The answer should be an exact copy of the lines from the line with "let outputs = first.append(&mut" through the last line of the entries, and no other lines.

» DATA FOR ANALYSIS
- - - - - - -

//! Circuits whose outputs depend on latches alone, for a controller that chooses its output letter before the input letter.

use crate::circuit::{WantedNet, circuit_of};
use crate::codes::{Codes, Columns};
use crate::freedom::Freedom;
use crate::game::GameDraft;
use crate::machine::Machine;
use crate::merging::merged;
use crate::numbers::{Allocated, at, count, power};
use crate::proposal::{STEPS, SmallCircuit, TRIES, WORDS};
use crate::steps::Steps;
use crate::tree::tree_of;
use pg_arena::Player;
use pg_hoa_automaton::Automaton;
use pg_search_winners::find_winners;
use std::alloc::{AllocError, Global};

/// Proposes small circuits, the smallest first, as `propose` does, but their outputs don't depend on inputs of the same step: at most
/// three, and none if the controller loses when it chooses first, or the automaton is too large. Fails only if memory runs out.
pub fn propose_moore(
    alloc: Global,
    automaton: &Automaton,
) -> Result<Vec<SmallCircuit>, AllocError> {
    let mut proposals = Vec::new(alloc);
    let Some(steps) = Steps::of(alloc, automaton)? else {
        return Ok(proposals);
    };
    let Some(letters) = letters_of(&steps)? else {
        return Ok(proposals);
    };
    let machine = Machine::ahead(&steps, &letters)?;
    let machine = merged(machine, &steps, &mut { TRIES })?;
    let mut words = WORDS;
    for is_counted in [false, true] {
        if let Some(proposal) = proposal_of(&steps, &machine, is_counted, &mut words)? {
            proposals.push(proposal)?;
        }
    }
    if let Some(last) = tree_of(&machine, &steps)? {
        proposals.push(last)?;
    }
    proposals.sort_by_key(|it: &SmallCircuit| it.size())?;
    Ok(proposals)
}

/// Returns an output letter for each state, with which the controller wins, or `None` if it loses the start.
fn letters_of(steps: &Steps) -> Allocated<Option<Vec<u32>>> {
    let pairs = steps.states.wrapping_shl(steps.outputs);
    let last = power(steps.outputs).wrapping_sub(1);
    let mut draft = GameDraft::new(steps, Player::Even, pairs)?;
    for pair in 0..pairs {
        let first = steps.point(pair.wrapping_shr(steps.outputs), 0);
        for input in 0..power(steps.inputs) {
            let place = steps.place(first.wrapping_add(input), pair & last);
            draft.row.push(steps.at(place))?;
        }
        draft.lead()?;
    }
    let winners = find_winners(steps.alloc, &draft.graph()?)?;
    if winners.winner.get(steps.start as usize).copied() != Some(Player::Even) {
        return Ok(None);
    }
    let mut letters = Vec::new(steps.alloc);
    for state in 0..steps.states {
        let choice = at(&winners.choice, state);
        letters.push(choice.wrapping_sub(steps.states) & last)?;
    }
    Ok(Some(letters))
}

/// Returns codes of a machine's states: by parts, or counted.
fn codes_of(machine: &Machine, is_counted: bool) -> Allocated<Option<Codes>> {
    let alloc = *machine.nexts.allocator();
    let (inputs, states) = (machine.inputs, machine.states);
    let mut edges = Vec::new(alloc);
    for input in 0..if is_counted { 0 } else { power(inputs) } {
        for state in 0..states {
            let point = state.wrapping_shl(inputs).wrapping_add(input);
            edges.push(at(&machine.nexts, point))?;
        }
    }
    let columns = Columns {
        alloc,
        states,
        edges: &edges,
    };
    Codes::new(columns, &mut { STEPS })
}

/// Returns a circuit of the output letters over latches alone, followed by one of the next states.
fn proposal_of(
    steps: &Steps,
    machine: &Machine,
    is_counted: bool,
    words: &mut u64,
) -> Allocated<Option<SmallCircuit>> {
    let alloc = steps.alloc;
    let (inputs, states) = (machine.inputs, machine.states);
    let Some(codes) = codes_of(machine, is_counted)? else {
        return Ok(None);
    };
    let mut letters = Vec::new(alloc);
    let mut order = Vec::new(alloc);
    for state in 0..states {
        letters.push(at(&machine.outputs, state.wrapping_shl(inputs)))?;
    }
    for output in 0..steps.outputs {
        order.push(output)?;
    }
    let zeros = vec![in alloc; 0u32; letters.len()]?;
    let free = Freedom::none((states, 0, steps.outputs), letters, zeros)?;
    let Some(first) = part(&free, &codes, (&order, 0), words)? else {
        return Ok(None);
    };
    let zeros = vec![in alloc; 0u32; machine.nexts.len()]?;
    let free = Freedom::none((states, inputs, 0), zeros, machine.nexts.clone()?)?;
    let Some(second) = part(&free, &codes, (&[], codes.bits), words)? else {
        return Ok(None);
    };
    let mut gates = Vec::new(alloc);
    let outputs = first.append(&mut gates, 1, inputs)?;
    let by = count(gates.len());
    let latches = second.append(&mut gates, second.net.given, by)?;
    Ok(Some(SmallCircuit {
        latches,
        outputs,
        gates,
    }))
}

/// Returns a circuit of a part of what a machine does, made small.
fn part(
    free: &Freedom,
    codes: &Codes,
    bits: (&[u32], u32),
    words: &mut u64,
) -> Allocated<Option<WantedNet>> {
    let Some(mut circuit) = circuit_of(free, codes, bits, words)? else {
        return Ok(None);
    };
    circuit.improve(0, &mut { WORDS / 4 })?;
    Ok(Some(circuit))
}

- - - - - - -

» ANSWER BOX
    let outputs = first.append(&mut gates, 1, inputs)?;
    let by = count(gates.len());
    let latches = second.append(&mut gates, second.net.given, by)?;
    Ok(Some(SmallCircuit {
        latches,
        outputs,
        gates,
    }))
}

/// Returns a circuit of a part of what a machine does, made small.
fn part(
    free: &Freedom,
    codes: &Codes,
    bits: (&[u32], u32),
    words: &mut u64,
) -> Allocated<Option<WantedNet>> {
    let Some(mut circuit) = circuit_of(free, codes, bits, words)? else {
        return Ok(None);
    };
    circuit.improve(0, &mut { WORDS / 4 })?;
    Ok(Some(circuit))
}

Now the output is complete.